▸ TASK PROMPT:
Copy every line of the entries that has the string "AllocError" in it.
———
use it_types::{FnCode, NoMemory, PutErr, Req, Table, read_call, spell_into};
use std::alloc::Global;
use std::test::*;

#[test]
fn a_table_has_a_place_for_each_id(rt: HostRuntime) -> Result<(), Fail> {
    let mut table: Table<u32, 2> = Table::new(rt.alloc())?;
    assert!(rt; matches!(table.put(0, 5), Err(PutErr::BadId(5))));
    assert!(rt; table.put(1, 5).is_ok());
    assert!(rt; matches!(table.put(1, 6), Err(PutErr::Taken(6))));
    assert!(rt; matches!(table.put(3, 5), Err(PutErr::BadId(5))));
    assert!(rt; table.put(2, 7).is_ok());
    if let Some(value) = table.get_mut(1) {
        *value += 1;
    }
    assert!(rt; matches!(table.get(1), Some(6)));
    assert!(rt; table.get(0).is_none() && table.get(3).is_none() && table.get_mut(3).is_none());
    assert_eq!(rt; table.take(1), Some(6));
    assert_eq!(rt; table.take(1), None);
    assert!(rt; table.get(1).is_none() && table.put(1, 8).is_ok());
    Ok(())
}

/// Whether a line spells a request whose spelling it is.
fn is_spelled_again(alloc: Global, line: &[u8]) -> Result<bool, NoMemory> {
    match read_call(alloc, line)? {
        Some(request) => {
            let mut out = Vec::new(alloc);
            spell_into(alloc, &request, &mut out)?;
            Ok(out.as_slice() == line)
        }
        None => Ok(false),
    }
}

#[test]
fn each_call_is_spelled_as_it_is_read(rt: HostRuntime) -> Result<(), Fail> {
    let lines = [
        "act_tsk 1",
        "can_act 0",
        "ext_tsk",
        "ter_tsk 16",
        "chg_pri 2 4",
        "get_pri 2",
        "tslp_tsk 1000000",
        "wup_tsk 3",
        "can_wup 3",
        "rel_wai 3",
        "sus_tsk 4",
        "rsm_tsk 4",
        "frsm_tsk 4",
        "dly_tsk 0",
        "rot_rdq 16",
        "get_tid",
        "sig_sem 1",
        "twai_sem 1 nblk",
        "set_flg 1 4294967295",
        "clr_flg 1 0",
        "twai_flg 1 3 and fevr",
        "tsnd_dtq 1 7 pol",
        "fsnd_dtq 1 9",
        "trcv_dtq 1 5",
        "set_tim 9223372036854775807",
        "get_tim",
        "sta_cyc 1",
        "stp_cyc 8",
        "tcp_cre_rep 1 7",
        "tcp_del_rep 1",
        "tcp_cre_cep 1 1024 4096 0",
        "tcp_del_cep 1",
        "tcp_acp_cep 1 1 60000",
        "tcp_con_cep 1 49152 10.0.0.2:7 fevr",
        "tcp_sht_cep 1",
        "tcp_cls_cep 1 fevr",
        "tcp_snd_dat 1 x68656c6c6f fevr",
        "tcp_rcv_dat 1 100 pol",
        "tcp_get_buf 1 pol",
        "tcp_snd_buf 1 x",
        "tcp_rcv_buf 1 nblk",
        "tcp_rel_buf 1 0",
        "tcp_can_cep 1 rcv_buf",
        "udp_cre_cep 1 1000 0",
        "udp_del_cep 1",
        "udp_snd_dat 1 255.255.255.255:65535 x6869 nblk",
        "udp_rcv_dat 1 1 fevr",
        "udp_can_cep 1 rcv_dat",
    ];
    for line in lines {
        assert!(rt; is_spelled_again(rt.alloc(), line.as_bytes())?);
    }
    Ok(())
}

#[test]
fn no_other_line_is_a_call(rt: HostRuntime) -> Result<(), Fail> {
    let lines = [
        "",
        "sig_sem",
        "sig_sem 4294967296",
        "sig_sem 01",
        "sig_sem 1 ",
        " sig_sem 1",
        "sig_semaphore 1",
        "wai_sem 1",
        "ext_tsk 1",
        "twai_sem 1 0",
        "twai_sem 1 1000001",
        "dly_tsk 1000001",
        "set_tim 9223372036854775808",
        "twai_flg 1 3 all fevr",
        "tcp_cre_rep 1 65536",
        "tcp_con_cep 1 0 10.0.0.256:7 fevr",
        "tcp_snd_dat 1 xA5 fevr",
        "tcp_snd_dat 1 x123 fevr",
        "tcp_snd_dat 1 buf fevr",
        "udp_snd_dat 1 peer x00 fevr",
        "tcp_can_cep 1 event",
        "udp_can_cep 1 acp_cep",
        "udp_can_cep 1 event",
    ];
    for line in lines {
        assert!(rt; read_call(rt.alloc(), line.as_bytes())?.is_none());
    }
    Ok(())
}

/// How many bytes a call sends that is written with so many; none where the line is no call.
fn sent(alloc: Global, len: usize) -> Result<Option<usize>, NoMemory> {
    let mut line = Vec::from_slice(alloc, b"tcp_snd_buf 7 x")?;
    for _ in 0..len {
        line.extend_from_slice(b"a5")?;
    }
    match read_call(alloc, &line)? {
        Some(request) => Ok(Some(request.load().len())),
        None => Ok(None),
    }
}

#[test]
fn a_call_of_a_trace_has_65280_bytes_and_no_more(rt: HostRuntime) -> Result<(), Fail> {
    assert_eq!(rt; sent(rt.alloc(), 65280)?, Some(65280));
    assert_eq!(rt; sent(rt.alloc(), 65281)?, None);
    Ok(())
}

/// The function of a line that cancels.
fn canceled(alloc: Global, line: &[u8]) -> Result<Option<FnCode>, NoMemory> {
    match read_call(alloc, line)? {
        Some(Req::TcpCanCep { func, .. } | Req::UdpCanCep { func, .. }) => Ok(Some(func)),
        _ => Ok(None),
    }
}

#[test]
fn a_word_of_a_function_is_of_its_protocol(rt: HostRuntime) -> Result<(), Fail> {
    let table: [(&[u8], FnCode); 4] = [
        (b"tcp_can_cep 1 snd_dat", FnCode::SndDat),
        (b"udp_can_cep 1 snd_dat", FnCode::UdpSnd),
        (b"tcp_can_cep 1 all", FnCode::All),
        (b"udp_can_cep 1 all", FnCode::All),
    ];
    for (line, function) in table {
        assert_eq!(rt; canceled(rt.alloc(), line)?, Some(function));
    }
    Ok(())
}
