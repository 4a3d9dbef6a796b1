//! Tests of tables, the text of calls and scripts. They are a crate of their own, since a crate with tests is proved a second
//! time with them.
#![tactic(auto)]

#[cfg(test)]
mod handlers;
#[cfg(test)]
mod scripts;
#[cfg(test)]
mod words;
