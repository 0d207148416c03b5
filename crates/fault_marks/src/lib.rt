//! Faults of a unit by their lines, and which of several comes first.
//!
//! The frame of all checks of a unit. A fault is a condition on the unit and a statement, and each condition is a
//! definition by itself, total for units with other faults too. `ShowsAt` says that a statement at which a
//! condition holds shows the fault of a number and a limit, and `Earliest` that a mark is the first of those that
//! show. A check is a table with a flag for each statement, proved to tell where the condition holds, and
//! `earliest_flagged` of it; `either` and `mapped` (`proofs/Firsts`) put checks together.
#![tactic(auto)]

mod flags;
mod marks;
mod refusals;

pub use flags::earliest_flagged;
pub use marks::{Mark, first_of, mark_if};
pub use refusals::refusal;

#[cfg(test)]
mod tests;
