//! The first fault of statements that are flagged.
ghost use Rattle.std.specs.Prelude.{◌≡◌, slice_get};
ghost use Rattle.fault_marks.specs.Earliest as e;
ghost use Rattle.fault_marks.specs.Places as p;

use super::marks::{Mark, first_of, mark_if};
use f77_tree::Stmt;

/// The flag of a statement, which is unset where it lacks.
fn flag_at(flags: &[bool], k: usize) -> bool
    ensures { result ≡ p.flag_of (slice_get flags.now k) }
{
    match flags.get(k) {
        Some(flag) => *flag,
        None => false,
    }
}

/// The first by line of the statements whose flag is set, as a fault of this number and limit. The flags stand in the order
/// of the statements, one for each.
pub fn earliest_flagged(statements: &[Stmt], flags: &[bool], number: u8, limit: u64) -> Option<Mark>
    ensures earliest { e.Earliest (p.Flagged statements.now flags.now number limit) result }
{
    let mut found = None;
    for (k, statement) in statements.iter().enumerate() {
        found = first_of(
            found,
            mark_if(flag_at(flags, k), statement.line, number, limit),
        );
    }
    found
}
———
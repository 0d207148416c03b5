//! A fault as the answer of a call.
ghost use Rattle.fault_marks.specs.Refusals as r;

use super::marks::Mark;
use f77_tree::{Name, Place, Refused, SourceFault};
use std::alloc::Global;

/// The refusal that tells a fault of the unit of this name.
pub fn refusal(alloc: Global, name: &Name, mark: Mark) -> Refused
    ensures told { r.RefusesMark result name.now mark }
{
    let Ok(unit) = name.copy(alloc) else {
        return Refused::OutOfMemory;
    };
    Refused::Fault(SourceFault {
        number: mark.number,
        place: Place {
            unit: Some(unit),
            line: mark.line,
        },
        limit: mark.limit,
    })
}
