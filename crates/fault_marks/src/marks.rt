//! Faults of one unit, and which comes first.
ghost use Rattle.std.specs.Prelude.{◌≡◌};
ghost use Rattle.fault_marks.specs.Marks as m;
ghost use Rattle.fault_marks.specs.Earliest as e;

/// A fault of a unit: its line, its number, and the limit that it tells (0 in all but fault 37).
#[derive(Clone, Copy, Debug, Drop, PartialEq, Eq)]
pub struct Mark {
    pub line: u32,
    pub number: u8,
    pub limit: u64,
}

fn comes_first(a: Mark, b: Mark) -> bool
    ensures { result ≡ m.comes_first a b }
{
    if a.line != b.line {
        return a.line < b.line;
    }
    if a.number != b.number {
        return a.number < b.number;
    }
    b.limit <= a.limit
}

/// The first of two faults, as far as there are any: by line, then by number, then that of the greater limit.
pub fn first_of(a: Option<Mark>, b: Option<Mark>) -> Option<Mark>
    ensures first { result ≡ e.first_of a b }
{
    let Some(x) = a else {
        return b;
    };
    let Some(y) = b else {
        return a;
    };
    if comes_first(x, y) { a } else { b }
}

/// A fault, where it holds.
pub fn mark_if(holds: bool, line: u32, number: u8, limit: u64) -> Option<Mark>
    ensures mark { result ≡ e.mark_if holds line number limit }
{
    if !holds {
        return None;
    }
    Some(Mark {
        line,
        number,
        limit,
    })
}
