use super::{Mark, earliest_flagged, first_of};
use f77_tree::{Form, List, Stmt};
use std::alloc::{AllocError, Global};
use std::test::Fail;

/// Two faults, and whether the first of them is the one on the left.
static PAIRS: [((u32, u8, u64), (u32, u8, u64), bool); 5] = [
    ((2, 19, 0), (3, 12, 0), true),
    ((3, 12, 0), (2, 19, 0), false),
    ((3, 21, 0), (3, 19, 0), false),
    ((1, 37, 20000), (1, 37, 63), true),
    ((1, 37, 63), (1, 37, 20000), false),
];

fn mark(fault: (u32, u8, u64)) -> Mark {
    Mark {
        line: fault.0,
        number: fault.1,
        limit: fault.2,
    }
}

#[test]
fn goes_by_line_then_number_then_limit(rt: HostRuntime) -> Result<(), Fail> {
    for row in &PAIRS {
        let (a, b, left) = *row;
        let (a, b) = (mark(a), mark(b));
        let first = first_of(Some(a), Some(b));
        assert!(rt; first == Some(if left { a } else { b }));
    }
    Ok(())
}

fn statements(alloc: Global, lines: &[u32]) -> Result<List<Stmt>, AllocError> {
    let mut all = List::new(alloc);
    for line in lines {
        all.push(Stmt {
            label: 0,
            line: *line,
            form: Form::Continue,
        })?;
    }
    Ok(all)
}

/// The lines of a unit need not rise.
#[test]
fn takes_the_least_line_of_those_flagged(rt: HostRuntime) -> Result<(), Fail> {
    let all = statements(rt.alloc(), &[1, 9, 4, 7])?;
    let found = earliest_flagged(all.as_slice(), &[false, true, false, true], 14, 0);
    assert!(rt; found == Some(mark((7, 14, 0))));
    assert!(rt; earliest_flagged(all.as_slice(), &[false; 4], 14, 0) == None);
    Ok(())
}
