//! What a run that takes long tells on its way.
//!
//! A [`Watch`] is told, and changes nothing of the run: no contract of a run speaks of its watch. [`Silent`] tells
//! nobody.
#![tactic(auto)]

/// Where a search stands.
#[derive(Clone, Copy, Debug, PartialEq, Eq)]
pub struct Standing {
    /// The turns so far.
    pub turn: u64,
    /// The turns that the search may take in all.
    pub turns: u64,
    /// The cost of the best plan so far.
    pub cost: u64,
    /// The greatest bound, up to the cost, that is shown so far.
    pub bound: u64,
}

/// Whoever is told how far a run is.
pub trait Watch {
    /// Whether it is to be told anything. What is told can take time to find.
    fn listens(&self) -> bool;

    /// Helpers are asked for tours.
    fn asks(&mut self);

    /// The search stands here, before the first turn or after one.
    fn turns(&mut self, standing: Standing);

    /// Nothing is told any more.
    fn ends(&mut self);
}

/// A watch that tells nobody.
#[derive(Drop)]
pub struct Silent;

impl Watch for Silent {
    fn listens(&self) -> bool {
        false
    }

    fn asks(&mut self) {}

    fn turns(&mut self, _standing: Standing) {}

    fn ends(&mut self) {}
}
———
▸ EXERCISE OUTPUT:
use std::alloc::{AllocError, Global};
fn statements(alloc: Global, lines: &[u32]) -> Result<List<Stmt>, AllocError> {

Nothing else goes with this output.